Money mismanagement or not enough of it is the leading cause of divorce so you should find out before marriage how your future spouse has, will, or wants to manage money.

Your favorite store is having a blowout sale; what will you do?

You just received a large tax refund. What are you most likely to do with it?

You inherit $10,000. What is your first instinct?

Everyone pictures retirement differently. What does yours look like?

How would you like to save for retirement?

What percentage of our earnings will be saved for emergencies and/or retirement and/or education for offspring or self-improvement?

Will we have joint or separate money accounts?

Will we share budgeting responsibilities or will one be the dominant manager of the household budget?

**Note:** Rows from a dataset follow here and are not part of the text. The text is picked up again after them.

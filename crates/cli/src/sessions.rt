//! Sessions over a store at a path.
ghost use Rattle.std.specs.Prelude.{◌≡◌, IfErr, IfOk, None, OnOk, Some};
ghost use Rattle.cli_failures.specs.Report.{UnlessLate};
ghost use Rattle.cli.specs.Host.{host};
ghost use Rattle.cli.specs.Listed.{given};
ghost use Rattle.cli.specs.Session.{BelievesAtFirst, IsFailureOfSession, IsFailureOnVerdicts, IsSession, IsWholeSession, cut_by};
ghost use Rattle.cli.specs.Streams.{streams};
ghost use Rattle.cli_store.specs.Standing.{IsFoundOrMade, IsOpenIfClean, seen_in};
ghost use Rattle.sqlite.specs.Files.{file_state};
ghost use Rattle.store_adoption.specs.Creates.{IsSettled};
ghost use Rattle.store_sql.specs.Statements.{IsDurable};

use cli_failures::{Failure, Source};
use cli_operands::read_fingerprints;
use cli_steps::{Believed, End, Party, serve};
use cli_store::{StoreKeeper, Stores};
use path_verifiers::ListVerifier;
use sqlite_disk::Disk;
use std::alloc::Global;
use std::io::{Read, Write};
use store::Store;

/// What `session` names.
#[derive(Clone, Copy, Debug, PartialEq, Eq)]
pub struct SessionWords<'a> {
    /// The file of the store.
    pub store: &'a str,
    /// The file of the fingerprints of good signatures, if there is one.
    pub verdicts: Option<&'a str>,
}

// The fingerprints that are believed in the beginning.
fn prints_of<'a, S: Source>(
    source: &S,
    alloc: Global,
    verdicts: Option<&'a str>,
) -> Result<Vec<[u8; 32]>, Failure<'a>>
    ensures begins { IfOk result (λ prints. BelievesAtFirst (S.holds source.now)
        (given verdicts.entry) prints.items) }
    ensures fails { IfErr result (IsFailureOnVerdicts (S.holds source.now)
        (given verdicts.entry)) }
{
    match verdicts {
        Some(file) => read_fingerprints(source, alloc, file),
        None => Ok(Vec::new(alloc)),
    }
}

// Whether a session that ended so was cut short, and by what.
fn outcome_of<'a>(end: End) -> Result<(), Failure<'a>>
    ensures whole { OnOk result (cut_by end ≡ None) }
    ensures cut { IfErr result (λ failure. cut_by end ≡ Some failure) }
{
    match end {
        End::Quit | End::Finished => Ok(()),
        End::Shut => Err(Failure::Shut),
        End::Unwritable => Err(Failure::Unwritable),
        End::Unreadable => Err(Failure::NoInput),
        End::NoMemory => Err(Failure::NoMemory),
    }
}

// Answers the lines over the store, which is closed in the end.
fn serve_over<D: Disk + Drop, S: Source + Stores<Store<D>>, R: Read, O: Write>(
    source: &S,
    alloc: Global,
    words: &SessionWords<'_>,
    prints: Vec<[u8; 32]>,
    store: Store<D>,
    input: &mut R,
    out: &mut O,
) -> End
    requires open { IsOpenIfClean (file_state store.conn) }
    requires settled { IsSettled (file_state store.conn) }
    requires durable { IsDurable (file_state store.conn) }
    ensures served { BelievesAtFirst (S.holds source.now) (given words.now.verdicts) prints.items
        → IsFoundOrMade (S.places source.now) words.now.store.now (seen_in store)
        → IsSession (host S.holds S.places source.now) words.now
        (streams R.remaining input.old input.new O.contents out.old out.new) result }
{
    let believed = Believed::new(alloc, ListVerifier::new(prints));
    let mut party = Party {
        believed,
        keeper: StoreKeeper { store },
    };
    let end = serve(input, &mut party, source, alloc, out);
    let Party {
        believed: _,
        keeper,
    } = party;
    source.close_store(words.store, keeper.into_store());
    end
}

/// Answers the lines of the input, one after the other, each before the next is read (`cli_steps::serve`), over the store at the path,
/// which is made if no file is there. The fingerprints of the file are believed, and those that come in requests.
pub fn session<'a, D: Disk + Drop, S: Source + Stores<Store<D>>, R: Read, O: Write>(
    source: &S,
    alloc: Global,
    words: SessionWords<'a>,
    input: &mut R,
    out: &mut O,
) -> Result<(), Failure<'a>>
    ensures done { OnOk result (IsWholeSession (host S.holds S.places source.now)
        words.entry (streams R.remaining input.old input.new O.contents out.old out.new)) }
    ensures fails { IfErr result (IsFailureOfSession (host S.holds S.places source.now)
        words.entry (streams R.remaining input.old input.new O.contents out.old out.new)) }
    ensures quiet { IfErr result (λ failure. UnlessLate failure (out.new ≡ out.old)) }
{
    let prints = match prints_of(source, alloc, words.verdicts) {
        Ok(prints) => prints,
        Err(failure) => return Err(failure),
    };
    let store = match source.open_or_make_store(words.store) {
        Ok(store) => store,
        Err(failure) => return Err(failure),
    };
    outcome_of(serve_over(source, alloc, &words, prints, store, input, out))
}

Most of these questions are designed to find out who is the great spender in the relationship and who will have the major responsibility for running the household budget if there are not separate accounts. The most thrifty spouse who is good with numbers should play a major role in budgeting the household budget for joint accounts.

If neither one of you are good with money management, are stressed out when talking about money and sharing it, and both have jobs then maybe separate accounts are the solution to the problem so blame for overspending will show up clearly by examining the independent accounts.

To avoid having to blame one or the other for overspending a third joint account may be set up to pay for anticipated joint fixed expenses such as food, rent or mortgage payment, utility bills, offspring expenses, and household expenses. After every paycheck a just or fair amount should be contributed to the third joint account.

Most married couples never learn to BUDGET their money or are very bad at managing money which becomes a major source for arguments and hardship that frequently leads to divorce. If you find out by asking the above questions that one is an irresponsible spendthrift hooked on credit cards then don’t marry!!!!!!